Psychologists have found that humans have trouble generating random numbers. Humans tend to repeat digits and have trouble selecting non-adjacent digits (such as 64 or 17, as opposed to 23) as frequently as one would expect in a sequence of random numbers.

Using polling data available from http://www.sos.nh.gov/presprim2008/index.htm, I tabulated the results for Edwards, Obama, Richardson, and Clinton for all NH counties except Coo's county. For Rockingham and Hillsborough counties, I tabulated the results before and after the recount (these were the only precincts that had democratic recount data). Results are posted below. You can download the attached spreadsheet for the dataset and more graphs:

With the exception of Obama and Richardson, all data points fall between the Lower and Upper Control Limits.

Looking at the last 2 digits, we see that nearly every data point falls within the control limits.

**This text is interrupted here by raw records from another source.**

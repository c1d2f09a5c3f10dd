//! Two ends that share the two keys of one epoch.

ghost use Rattle.std.specs.Prelude.{◌≡◌, ◌≤◌, ◌∷◌, [], length, false, true, IfOk, IsErr, OnErr, OnOk};
ghost use Rattle.ssh_model.specs.OneEpoch.Runs as epoch;
ghost use Rattle.ssh_model.specs.OneEpoch.Runs.{World, fresh};
ghost use Rattle.ssh_model.specs.OneEpoch.History.{IsHonestEpoch, TakenInOrder};
ghost use Rattle.ssh_model.specs.Laws.MacOnly.{key_block};
ghost use Rattle.ssh_trace.specs.History.{AreFilled, event_of, events_of, logged};
ghost use Rattle.ssh_trace.specs.Pair.{PairState, Plays, PlaysOne, StandsAt, keys_of};

use crate::deliver::{ask, deliver};
use crate::epoch_end::EpochEnd;
use crate::history::{Event, Memory, Transcript};
use ssh_model::laws;
use ssh_packet::HmacKey;
use ssh_types::Side;
use std::alloc::{AllocError, Global};
use std::marker::Model;

/// Two ends in one sealed epoch, each direction under one key of the sealing `none` with `hmac-sha2-256`. There are no
/// version lines and no exchange, and both numbers begin at zero. The network between them is whatever the events
/// deliver: it may lose, repeat, move and inject bytes.
#[derive(Drop)]
pub struct EpochPair {
    alloc: Global,
    client: EpochEnd,
    server: EpochEnd,
    failed: bool,
}

impl Model for EpochPair {
    ghost use Rattle.ssh_trace.specs.Pair.{PairState, ShareKeys};

    ghost Value = { PairState };

    ghost view = { λ p. record { client = p.client; server = p.server; failed = p.failed } };

    ghost invariant = { λ p. ShareKeys p.client p.server };
}

impl EpochPair {
    /// A pair before its first event, with the MAC keys for the packets that the client sends and for those that the server sends.
    ///
    /// # Errors
    ///
    /// `Memory`: memory was refused.
    pub fn new(
        alloc: Global,
        client_key: &[u8; 32],
        server_key: &[u8; 32],
    ) -> Result<EpochPair, Memory>
        ensures stands { IfOk result (λ pair. StandsAt fresh pair) }
        ensures keys { IfOk result (λ pair. keys_of pair ≡ record {
          client = key_block client_key.now;
          server = key_block server_key.now;
        }) }
        ensures fine { IfOk result (λ pair. pair.failed ≡ false) }
    {
        Ok(EpochPair {
            alloc,
            client: EpochEnd::new(alloc, HmacKey::new(client_key), HmacKey::new(server_key))?,
            server: EpochEnd::new(alloc, HmacKey::new(server_key), HmacKey::new(client_key))?,
            failed: false,
        })
    }

    /// Plays events, and answers the items that they added. An ask for a payload over 34,000 bytes is refused, and an event for
    /// an end that is dead adds nothing.
    ///
    /// # Errors
    ///
    /// `Memory`: the transcript finds no memory. The pair has then failed, and each later call answers `Memory` too.
    pub fn play(&mut self, events: &[Event<'_>]) -> Result<Transcript, Memory>
        requires filled { AreFilled (events_of events.now) }
        ensures failed { self.old.failed ≡ true → IsErr result }
        ensures fails { OnErr result (self.new.failed ≡ true) }
        ensures fine { OnOk result (self.new.failed ≡ false) }
        ensures keys { keys_of self.new ≡ keys_of self.old }

        // The transcript, put after all that was done before, is a run of the two ends on these events.
        ensures plays { IfOk result (λ t. (w : World) → StandsAt w self.old →
            Plays (events_of events.now) self.old self.new t.items.items t.client_bytes.items t.server_bytes.items w) }

        // Where a tag passed only for a payload that the peer had sent under that number, what each side took is a
        // beginning of what the other sent.
        ensures in_order { IfOk result (λ t. (w : World) → StandsAt w self.old → IsHonestEpoch (logged w.run t.items.items) →
            TakenInOrder (logged w.run t.items.items)) }
    {
        laws::taken_in_order();
        if self.failed {
            return Err(Memory);
        }
        let mut transcript = Transcript {
            items: Vec::new(self.alloc),
            client_bytes: Vec::new(self.alloc),
            server_bytes: Vec::new(self.alloc),
        };
        for event in events {
            match self.play_one(*event, &mut transcript) {
                Ok(()) => {}
                Err(_) => {
                    self.failed = true;
                    return Err(Memory);
                }
            }
        }
        Ok(transcript)
    }

    // Plays one event.
    fn play_one(&mut self, event: Event<'_>, transcript: &mut Transcript) -> Result<(), AllocError>
        requires filled { AreFilled (event_of event ∷ []) }
        ensures failed { self.new.failed ≡ self.old.failed }
        ensures keys { keys_of self.new ≡ keys_of self.old }
        ensures plays { OnOk result ((w : World) → StandsAt w self.old → PlaysOne (event_of event.entry) self.old self.new
            transcript.old.items.items transcript.new.items.items transcript.old.client_bytes.items transcript.new.client_bytes.items
            transcript.old.server_bytes.items transcript.new.server_bytes.items w) }
    {
        match event {
            Event::Ask(side, payload) => self.ask(side, payload, transcript),
            Event::Deliver(side, bytes) => self.deliver(side, bytes, transcript),
        }
    }

    // Asks a side to send a payload.
    fn ask(
        &mut self,
        side: Side,
        payload: &[u8],
        transcript: &mut Transcript,
    ) -> Result<(), AllocError>
        requires filled { 1 ≤ length payload.now }
        ensures failed { self.new.failed ≡ self.old.failed }
        ensures keys { keys_of self.new ≡ keys_of self.old }
        ensures plays { OnOk result ((w : World) → StandsAt w self.old → PlaysOne (epoch.Ask side payload.now) self.old self.new
            transcript.old.items.items transcript.new.items.items transcript.old.client_bytes.items transcript.new.client_bytes.items
            transcript.old.server_bytes.items transcript.new.server_bytes.items w) }
    {
        match side {
            Side::Client => ask(
                &mut self.client,
                self.alloc,
                Side::Client,
                payload,
                &mut transcript.items,
                &mut transcript.client_bytes,
            ),
            Side::Server => ask(
                &mut self.server,
                self.alloc,
                Side::Server,
                payload,
                &mut transcript.items,
                &mut transcript.server_bytes,
            ),
        }
    }

    // Delivers bytes to a side. They were sealed under the key of the other.
    fn deliver(
        &mut self,
        side: Side,
        bytes: &[u8],
        transcript: &mut Transcript,
    ) -> Result<(), AllocError>
        ensures failed { self.new.failed ≡ self.old.failed }
        ensures keys { keys_of self.new ≡ keys_of self.old }
        ensures plays { OnOk result ((w : World) → StandsAt w self.old → PlaysOne (epoch.Deliver side bytes.now) self.old self.new
            transcript.old.items.items transcript.new.items.items transcript.old.client_bytes.items transcript.new.client_bytes.items
            transcript.old.server_bytes.items transcript.new.server_bytes.items w) }
    {
        match side {
            Side::Client => deliver(
                &mut self.client,
                self.alloc,
                Side::Client,
                bytes,
                &mut transcript.items,
            ),
            Side::Server => deliver(
                &mut self.server,
                self.alloc,
                Side::Server,
                bytes,
                &mut transcript.items,
            ),
        }
    }
}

So what does this all tell us?

To be clear, the plots that lie outside the control limits does not signify fraud in and of itself. What this does signify however, is that we have encountered an "special case" scenario that warrants further investigation; that is, the resulting variance is greater than that of random "noise".

One of the rules of Benford's law is that it best follows power law distributions with no theoretical upper limit. The problem with our case is that US precincts are often divided by number of voters; Once a precinct is too large, they form a new one so voters do not have to stand in line forever.

If we create a histogram of the vote totals*, we end up with a graph that looks similar to a power-law distribution, but not exactly.

*Vote totals in chart are equal to total votes for Obama, Clinton, Edwards, and Richardson, which make up ~95% of the actual vote total.